Un team di ricercatori del Jpl della Nasa ha analizzato cinque ceppi del batterio Enterobacter isolati da tamponi prelevati, nel marzo del 2015, dalla toilette e dalla palestra della Stazione spaziale internazionale (Iss). Lo studio è parte di programma teso a caratterizzare le comunità batteriche che vivono sulle superfici all’interno della Iss. Dopo aver isolato 105 ceppi da varie superfici, utilizzando tecniche di coltura batterica e di biologia molecolare i ricercatori hanno prima cercato di dare un nome a questi batteri, e infine valutato la loro resistenza agli antibiotici, la resistenza multipla ai farmaci, la potenziale virulenza e la loro patogenicità.
Vi starete chiedendo: perché proprio sulla Stazione spaziale? Presto detto: la Iss, che proprio pochi giorni fa ha festeggiato il 20esimo anniversario, essendo un ambiente rigorosamente controllato e costantemente monitorato (flusso d’aria sotto pressione, circolazione dell’acqua e umidità), spazialmente isolato da qualsiasi altro ambiente, rappresenta un luogo interessante in cui fare ricerca scientifica, soprattutto in campo biomedico. Ricerche che comprendono studi sulle dinamiche delle comunità batteriche, gli effetti che la microgravità e il viaggio spaziale a lungo termine hanno sui batteri in orbita e le interazioni di questi batteri con altri microbi e con gli stessi astronauti.
Se ora state pensando a quale possa essere l’importanza di questo filone di ricerca, sappiate che, come sulla Terra, anche nello spazio questi organismi possono provocare qualche problema. Dall’alterazione dell’integrità strutturale di componenti della stazione, dovuta, per esempio, alla produzione di biofilm – come quelli della placca dentaria, per intenderci – fino ai rischi, non secondari, per la salute dei nostri astronauti. Perché, anche se in partenza forti e robusti, con un sistema immunitario da fare invidia a Capitan America, è stato dimostrato che la microgravità può compromettere il loro sistema immunitario. Non solo: la microgravità sembra anche rendere alcuni batteri virulenti e resistenti – o più virulenti e più resistenti agli antibiotici di quanto già non lo siano. Gli antibiotici, quindi, sebbene siano la strategia di trattamento primaria per combattere le infezioni, potrebbero non bastare sulla Stazione spaziale, o sulle future missioni nello spazio.
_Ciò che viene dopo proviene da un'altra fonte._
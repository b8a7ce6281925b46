//! What is told of an item of a schedule that can't happen where it stands.

ghost use Rattle.std.specs.Prelude.{◌≡◌, ◌<◌, ◌^◌, length, IfOk, MatchBool, [], IsTrue, true};
ghost use Rattle.cml_host.specs.Plans.{IsItemTold, IsLineBehind, SaysSomething};
ghost use Rattle.cml_text.specs.{Lines.{lines}, Texts.{Spells}};

use crate::reason::explained;
use cml_facts::narrative::{push_why, why_not};
use cml_hub::{Hub, Item};
use cml_text::{Lines, Sexpr, TextFault, read};
use std::alloc::{AllocError, Global};

/// What is told of the item of this number, counted from 1, of the schedule that this text is, where the item can't happen next in this hub: the
/// line that says it, and why it can't.
///
/// # Errors
/// Out of memory.
#[inline(never)]
pub fn explain_item(
    alloc: Global,
    forms: &[Sexpr],
    text: &[u8],
    hub: &Hub,
    number: usize,
    item: &Item,
) -> Result<Vec<u8>, AllocError>
    ensures { IfOk result (λ told. IsItemTold true number told.items) }
{
    let at = item_line(alloc, text, number)?;
    let mut words = format!(in alloc; "line {at}: ")?.into_bytes();
    push_reason(alloc, &mut words, forms, hub, item)?;
    words.push(b'\n')?;
    tell_item(alloc, number, true, words.as_slice())
}

// Appends why the item can't happen next in this hub.
fn push_reason(
    alloc: Global,
    words: &mut Vec<u8>,
    forms: &[Sexpr],
    hub: &Hub,
    item: &Item,
) -> Result<(), AllocError> {
    let why = why_not(alloc, hub, item)?;
    push_why(alloc, words, forms, item, &why)
}

/// What is told of the item of this number, and behind it these words, where it is explained.
///
/// # Errors
/// Out of memory.
pub fn tell_item(
    alloc: Global,
    number: usize,
    explains: bool,
    words: &[u8],
) -> Result<Vec<u8>, AllocError>
    ensures { IfOk result (λ told. IsItemTold explains number told.items) }
{
    let line = format!(in alloc; "schedule item {number}\n")?;
    explained(alloc, line.as_bytes(), explains, words)
}

// The number of the first line that says something behind so many others that do; where there is none, one more than there are lines.
fn item_line(alloc: Global, text: &[u8], others: usize) -> Result<u64, AllocError>
    ensures { IfOk result (IsLineBehind others 1 (lines text.now)) }
{
    let mut left = others;
    let mut all = Lines::new(text);
    while let Some((at, line)) = all.next() {
        if says_something(alloc, line)? {
            if left == 0 {
                return Ok(at);
            }
            left -= 1;
        }
    }
    Ok(all.number())
}

// Whether a line says something.
fn says_something(alloc: Global, line: &[u8]) -> Result<bool, AllocError>
    ensures { IfOk result (λ says. MatchBool says (SaysSomething line.now) (Spells line.now [])) }
{
    match read(alloc, line) {
        Ok(forms) => Ok(!forms.is_empty()),
        Err(TextFault::At { .. }) => Ok(true),
        Err(TextFault::Memory) => Err(AllocError),
    }
}
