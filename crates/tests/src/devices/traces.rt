//! A trace that is appended in existing capacity takes no memory: the capacity is the same afterwards, also if it doesn't suffice.
ghost use Rattle.std.specs.Prelude.{◌+◌, ◌≤◌, vec_capacity, vec_len};

use crate::rows::holds;
use std::alloc::{AllocError, Global};
use vt_term::{Size, SizedTerminal};
use vt_trace::sized::trace_reserved;
use vt_trace::{SKIPPED_LIMIT, TRACE_LIMIT, Tracer, trace_end};

/// A text, controls, a request, an ignored event, a string, and a text that is still open.
const INPUT: &[u8] = b"Hi\r\n\x1b[6n\x1b[?1049h\x9d0;a\x9cB";

/// Returns whether a trace plays the whole input, or a front of it, and leaves the capacity of its outputs as it was.
fn trace_takes_no_memory(
    terminal: &mut SizedTerminal,
    reports: &mut Vec<u8>,
    out: &mut Vec<u8>,
    whole: bool,
) -> bool
    requires { vec_len reports.old + 1000 ≤ vec_capacity reports.old }
{
    if INPUT.len() > 100 {
        return false;
    }
    let reports_before = reports.capacity();
    let before = out.capacity();
    let played = trace_reserved(terminal, &mut Tracer::new(), INPUT, reports, out);
    reports.capacity() == reports_before
        && out.capacity() == before
        && (played == INPUT.len()) == whole
}

/// Returns whether the trace takes no memory with capacity for so many bytes, each with `TRACE_LIMIT`.
fn trace_fits(alloc: Global, count: usize) -> Result<bool, AllocError>
    requires { count ≤ 100 }
{
    let mut reports = Vec::with_capacity(alloc, 1000)?;
    let mut out = Vec::with_capacity(alloc, TRACE_LIMIT * count)?;
    let mut terminal = SizedTerminal::new(alloc, Size::vt220())?;
    Ok(trace_takes_no_memory(&mut terminal, &mut reports, &mut out, count > 20))
}

/// Returns whether the end of a trace takes no memory.
fn end_takes_no_memory(alloc: Global) -> Result<bool, AllocError> {
    let mut tracer = Tracer::new();
    tracer.in_text = true;
    let mut out = Vec::with_capacity(alloc, SKIPPED_LIMIT)?;
    let before = out.capacity();
    trace_end(&tracer, &mut out);
    Ok(out.capacity() == before && out.as_slice() == b"\n".as_slice())
}

/// Returns whether it takes none with no capacity, with too little, and with enough.
fn traces_take_no_memory(alloc: Global) -> Result<bool, AllocError> {
    Ok(trace_fits(alloc, 0)? && trace_fits(alloc, 1)? && trace_fits(alloc, 100)?)
}

#[test]
fn lines_take_no_memory(rt: HostRuntime) {
    holds(&rt, b"the trace", traces_take_no_memory(rt.alloc()));
    holds(&rt, b"the end", end_takes_no_memory(rt.alloc()));
}
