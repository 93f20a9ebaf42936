//! Functions for several tests.
use std::alloc::AllocError;
use std::io;

/// A failure of something that a test needs.
#[derive(Drop)]
pub(super) struct Failed;

impl From<AllocError> for Failed {
    fn from(_error: AllocError) -> Failed {
        Failed
    }
}

impl From<io::Error> for Failed {
    fn from(_error: io::Error) -> Failed {
        Failed
    }
}
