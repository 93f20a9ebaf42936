//! Tests what the program needs of a replay: a writer that is full, and the lines of faults.
ghost use Rattle.std.specs.Prelude.{◌≡◌, ◌≤◌, false};

use super::common::Failed;
use crate::rows::holds;
use std::alloc::Global;
use std::io::Write;
use vt_replay::{Break, Fault, Part, Watched, What, run};

/// The greatest input of the program, unless it is told another.
const LIMIT: u64 = 268435456;

/// Asks for both device attributes in the 8-bit form.
const REQUESTS: &[u8] = b"\x1b G\x1b[c\x1b[>c";

const ANSWERS: &[u8] = b"\x9b?62;1;6c\x9b>1;10;0c";

/// Returns the answer of a replay that reads so many bytes at a time.
fn answer<W: Write>(
    alloc: Global,
    input: &[u8],
    writer: &mut Watched<W>,
    what: What,
    piece: usize,
    limit: u64,
) -> Result<(), Fault>
    requires works { writer.old.failed ≡ false }
    requires piece_in_range { (1 ≤ piece) × (piece ≤ 65536) }
    requires limit_in_range { limit ≤ 1099511627776 }
{
    let mut reader = Watched::new(input);
    run(alloc, &mut reader, writer, what, piece, limit)
}

/// Returns whether a writer with capacity for five bytes is a fault, and has these.
fn is_full(alloc: Global, input: &[u8], what: What, piece: usize, expected: &[u8]) -> bool
    requires { (1 ≤ piece) × (piece ≤ 65536) }
{
    let mut room = [0u8; 5];
    let mut writer = Watched::new(room.as_mut_slice());
    let answered = answer(alloc, input, &mut writer, what, piece, LIMIT);
    let failed = writer.failed();
    drop(writer);
    answered == Err(Fault::Write) && failed && room.as_slice() == expected
}

#[test]
fn a_writer_that_is_full_is_a_fault(rt: HostRuntime) {
    assert!(rt; is_full(rt.alloc(), b"A\r\nBCD", What::Text, 3, b"A\nBCD"));
    assert!(rt; is_full(rt.alloc(), REQUESTS, What::Reports, 1, b"\x9b?62;"));
}

/// Returns whether a fault has this status and this line. Its message is the line and what is after it.
fn has_line(
    alloc: Global,
    fault: &Fault,
    status: u8,
    line: &str,
    after: &str,
) -> Result<bool, Failed> {
    let message = fault.to_string(alloc)?;
    let has_message = message.as_str().strip_prefix(line) == Some(after);
    Ok(fault.status() == status && fault.line() == line && has_message)
}

const FAULTS: &[(Fault, u8, &str, &str)] = &[
    (Fault::Memory, 1, "vt220: out of memory", ""),
    (Fault::NoTimes, 2, "vt220: the input has no times", ""),
    (Fault::Partial, 3, "vt220: input ends inside a sequence", ""),
    (Fault::Read, 4, "vt220: read failed", ""),
    (Fault::Write, 5, "vt220: write failed", ""),
    (
        Fault::TooLong,
        6,
        "vt220: input is longer than the limit",
        "",
    ),
    (
        Fault::Broken(Break {
            part: Part::Recording,
            at: 14,
        }),
        7,
        "vt220: the recording is broken",
        " at byte 14",
    ),
    (
        Fault::Broken(Break {
            part: Part::Timing,
            at: 0,
        }),
        7,
        "vt220: the timing file is broken",
        " at byte 0",
    ),
];

#[test]
fn faults_have_a_status_and_a_line(rt: HostRuntime) {
    for (fault, status, line, after) in FAULTS {
        holds(&rt, line, has_line(rt.alloc(), fault, *status, line, after));
    }
}
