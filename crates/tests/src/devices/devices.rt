//! Reads and writes that are short or fail, and what a replay then answers and has written.
ghost use Rattle.std.specs.Prelude.{◌≤◌};

use super::common::Failed;
use crate::rows::holds;
use std::alloc::{AllocError, Global};
use vt_replay::{Fault, Format, Request, Watched, What, Word, carry_out};
use vt_term::{Size, SizedTerminal};
use vt_vectors::{ShortReader, ShortWriter, vector, vector_count};

/// The greatest input of the program, unless it is told another.
const LIMIT: u64 = 268435456;

/// Asks for both device attributes in the 8-bit form: ten bytes.
const REQUESTS: &[u8] = b"\x1b G\x1b[c\x1b[>c";

const ANSWERS: &[u8] = b"\x9b?62;1;6c\x9b>1;10;0c";

/// More bytes than any replay here writes.
const ROOM: usize = 100_000;

/// The limit of a replay, and the most bytes of one write: at least one.
#[derive(Clone, Copy)]
struct Bounds {
    limit: u64,
    most: usize,
    ghost limit_in_range: { limit ≤ 1099511627776 },
    ghost some: { 1 ≤ most },
}

/// A replay with its request and its devices. A read gives one byte.
#[derive(Clone, Copy)]
struct Replay {
    word: Word,
    bounds: Bounds,
    /// The number of the read that fails.
    failing_read: Option<usize>,
    /// The most bytes that are written in all.
    room: usize,
    /// The number of the write that fails.
    failing_write: Option<usize>,
}

/// The greatest input, and writes that take all.
const WIDE: Bounds = Bounds {
    limit: LIMIT,
    most: ROOM,
};

/// Writes of three bytes.
const THREE: Bounds = Bounds {
    limit: LIMIT,
    most: 3,
};

/// Writes of one byte.
const ONE: Bounds = Bounds {
    limit: LIMIT,
    most: 1,
};

/// Inputs of at most 5 bytes, of 6 and of 10.
const UP_TO_5: Bounds = Bounds {
    limit: 5,
    most: ROOM,
};

const UP_TO_6: Bounds = Bounds {
    limit: 6,
    most: ROOM,
};

const UP_TO_10: Bounds = Bounds {
    limit: 10,
    most: ROOM,
};

/// Devices that neither fail nor lack capacity.
const REPORTS: Replay = Replay {
    word: Word::Replay(What::Reports),
    bounds: WIDE,
    failing_read: None,
    room: ROOM,
    failing_write: None,
};

/// Returns what a replay answers, and what it has written.
fn replayed(
    alloc: Global,
    input: &[u8],
    replay: Replay,
) -> Result<(Result<(), Fault>, Vec<u8>), Failed> {
    let into = Vec::with_capacity(alloc, replay.room)?;
    let writer = ShortWriter::new(into, replay.room, replay.bounds.most, replay.failing_write);
    let mut reader = Watched::new(ShortReader::new(input, 1, replay.failing_read));
    let mut writer = Watched::new(writer);
    let request = Request {
        word: replay.word,
        piece: 1,
        limit: replay.bounds.limit,
        file: None,
        format: Some(Format::Raw),
        encoding: None,
        terminal: None,
        wide: None,
        size: None,
        timing: None,
        from: None,
        until: None,
        full: false,
        partial: false,
        quiet: false,
    };
    let outcome = carry_out(alloc, &mut reader, Format::Raw, None, &mut writer, &request);
    let answer = outcome.ended;
    let written = Vec::from_slice(alloc, writer.into_inner().taken())?;
    Ok((answer, written))
}

/// A replay of the requests, its answer, and how many bytes of the answers it has written.
const TABLE: [(Replay, Result<(), Fault>, usize); 11] = [
    (
        Replay {
            failing_read: Some(7),
            ..REPORTS
        },
        Err(Fault::Read),
        9,
    ),
    (
        Replay {
            word: Word::Replay(What::Text),
            failing_read: Some(7),
            ..REPORTS
        },
        Err(Fault::Read),
        0,
    ),
    // six writes, so that a seventh can't fail
    (
        Replay {
            bounds: THREE,
            failing_write: Some(7),
            ..REPORTS
        },
        Ok(()),
        18,
    ),
    (
        Replay {
            bounds: THREE,
            failing_write: Some(6),
            ..REPORTS
        },
        Err(Fault::Write),
        15,
    ),
    (
        Replay {
            bounds: THREE,
            failing_write: Some(2),
            ..REPORTS
        },
        Err(Fault::Write),
        3,
    ),
    (
        Replay {
            bounds: THREE,
            room: 5,
            ..REPORTS
        },
        Err(Fault::Write),
        5,
    ),
    (
        Replay {
            bounds: UP_TO_5,
            ..REPORTS
        },
        Err(Fault::TooLong),
        0,
    ),
    (
        Replay {
            bounds: UP_TO_6,
            ..REPORTS
        },
        Err(Fault::TooLong),
        9,
    ),
    (
        Replay {
            bounds: UP_TO_10,
            ..REPORTS
        },
        Ok(()),
        18,
    ),
    (
        Replay {
            bounds: UP_TO_10,
            failing_read: Some(11),
            ..REPORTS
        },
        Err(Fault::Read),
        18,
    ),
    (REPORTS, Ok(()), 18),
];

/// Returns whether a replay answers this, and has written this.
fn leaves(
    alloc: Global,
    input: &[u8],
    replay: Replay,
    answer: Result<(), Fault>,
    written: &[u8],
) -> Result<bool, Failed> {
    let (answered, bytes) = replayed(alloc, input, replay)?;
    Ok(answered == answer && bytes.as_slice() == written)
}

#[test]
fn the_table_of_devices_holds(rt: HostRuntime) {
    for (i, (replay, answer, count)) in TABLE.iter().enumerate() {
        let written = ANSWERS.get(..*count).unwrap_or(b"?");
        holds(
            &rt,
            i,
            leaves(rt.alloc(), REQUESTS, *replay, *answer, written),
        );
    }
}

/// The words, which are asked for in turn.
const WORDS: &[Word] = &[
    Word::Replay(What::Text),
    Word::Replay(What::Reports),
    Word::Replay(What::Repaint),
    Word::Replay(What::Status),
    Word::Log,
];

/// Returns a replay whose read of this number fails.
fn with_failing_read(word: Word, number: usize) -> Replay {
    Replay {
        word,
        failing_read: Some(number),
        ..REPORTS
    }
}

/// Returns whether the read after the one that gave no byte is never made.
fn ends_before(alloc: Global, input: &[u8], word: Word, is_between: bool) -> Result<bool, Failed> {
    let replay = with_failing_read(word, input.len().saturating_add(2));
    let (answer, _written) = replayed(alloc, input, replay)?;
    Ok(if word == Word::Replay(What::Repaint) && !is_between {
        answer == Err(Fault::Partial)
    } else {
        answer == Ok(())
    })
}

/// The outputs that are due of the bytes that were read.
#[derive(Drop)]
struct Due {
    terminal: SizedTerminal,
    reports: Vec<u8>,
    lines: Vec<u8>,
}

impl Due {
    /// Returns the reports or the lines, if a word asks for them.
    fn of(&self, word: Word) -> &[u8] {
        match word {
            Word::Replay(What::Reports) => &self.reports,
            Word::Log => &self.lines,
            _ => b"",
        }
    }

    fn feed(&mut self, byte: &[u8]) -> Result<(), AllocError> {
        self.terminal
            .feed_log(byte, &mut self.reports, &mut self.lines)
    }
}

/// Returns whether each read of a byte fails in turn: what was written is what is due of the bytes before it.
fn reads_fail(alloc: Global, input: &[u8], word: Word, due: &mut Due) -> Result<bool, Failed> {
    for call in 0..input.len() + 1 {
        let replay = with_failing_read(word, call + 1);
        if !leaves(alloc, input, replay, Err(Fault::Read), due.of(word))? {
            return Ok(false);
        }
        if let Some(byte) = input.get(call..call + 1) {
            due.feed(byte)?;
        }
    }
    Ok(true)
}

/// Returns whether each read fails in turn, and none is made after the one that gave no byte.
fn each_read_fails(alloc: Global, input: &[u8], word: Word) -> Result<bool, Failed> {
    let mut due = Due {
        terminal: SizedTerminal::new(alloc, Size::vt220())?,
        reports: Vec::new(alloc),
        lines: Vec::new(alloc),
    };
    let fail = reads_fail(alloc, input, word, &mut due)?;
    Ok(fail && ends_before(alloc, input, word, due.terminal.is_between())?)
}

/// Returns whether that is so for each word.
fn each_read_fails_for_all(alloc: Global, input: &[u8]) -> Result<bool, Failed> {
    for word in WORDS {
        if !each_read_fails(alloc, input, *word)? {
            return Ok(false);
        }
    }
    Ok(true)
}

/// Returns a replay whose write of one byte of this number fails.
fn with_failing_write(word: Word, number: Option<usize>) -> Replay {
    Replay {
        word,
        bounds: ONE,
        failing_write: number,
        ..REPORTS
    }
}

/// Returns whether each write of one byte of what is due fails in turn: what was written is what is due up to there.
fn writes_fail(alloc: Global, input: &[u8], word: Word, due: &[u8]) -> Result<bool, Failed> {
    for call in 0..due.len() {
        let replay = with_failing_write(word, Some(call + 1));
        if !leaves(alloc, input, replay, Err(Fault::Write), &due[..call])? {
            return Ok(false);
        }
    }
    Ok(true)
}

/// Returns whether each write fails in turn, and none is made after the last one.
fn each_write_fails(alloc: Global, input: &[u8], word: Word) -> Result<bool, Failed> {
    let (answered, due) = replayed(alloc, input, with_failing_write(word, None))?;
    let last = with_failing_write(word, Some(due.len().saturating_add(1)));
    Ok(writes_fail(alloc, input, word, &due)? && leaves(alloc, input, last, answered, &due)?)
}

/// Returns whether that is so for each word.
fn each_write_fails_for_all(alloc: Global, input: &[u8]) -> Result<bool, Failed> {
    for word in WORDS {
        if !each_write_fails(alloc, input, *word)? {
            return Ok(false);
        }
    }
    Ok(true)
}

#[test]
fn each_read_of_each_vector_fails(rt: HostRuntime) {
    for i in 0..vector_count() {
        holds(&rt, i, each_read_fails_for_all(rt.alloc(), vector(i).input));
    }
}

#[test]
fn each_write_of_each_vector_fails(rt: HostRuntime) {
    for i in 0..vector_count() {
        holds(
            &rt,
            i,
            each_write_fails_for_all(rt.alloc(), vector(i).input),
        );
    }
}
Da alcuni studi è emerso come alcuni organismi diventino meno suscettibili all’azione antibiotica quando esposti al volo spaziale. Una maggiore resistenza agli antibiotici, la cui insorgenza non è ancora chiara, è stata osservata in diverse missioni. Potrebbe essere dovuta a un aumento delle mutazioni nei geni batterici. Studi che confrontano la sequenza della basi del Dna di batteri coltivati sulla stazione con quella quello di batteri coltivati sulla Terra, per esempio, hanno mostrato una frequenza 24 volte maggiore di mutazioni dei geni responsabili di questa resistenza in quelli coltivati sulla Iss. Per questi motivi c’è uno sforzo concertato per esaminare il microbioma – l’insieme di tutti i batteri – che popola la stazione attraverso studi di caratterizzazione.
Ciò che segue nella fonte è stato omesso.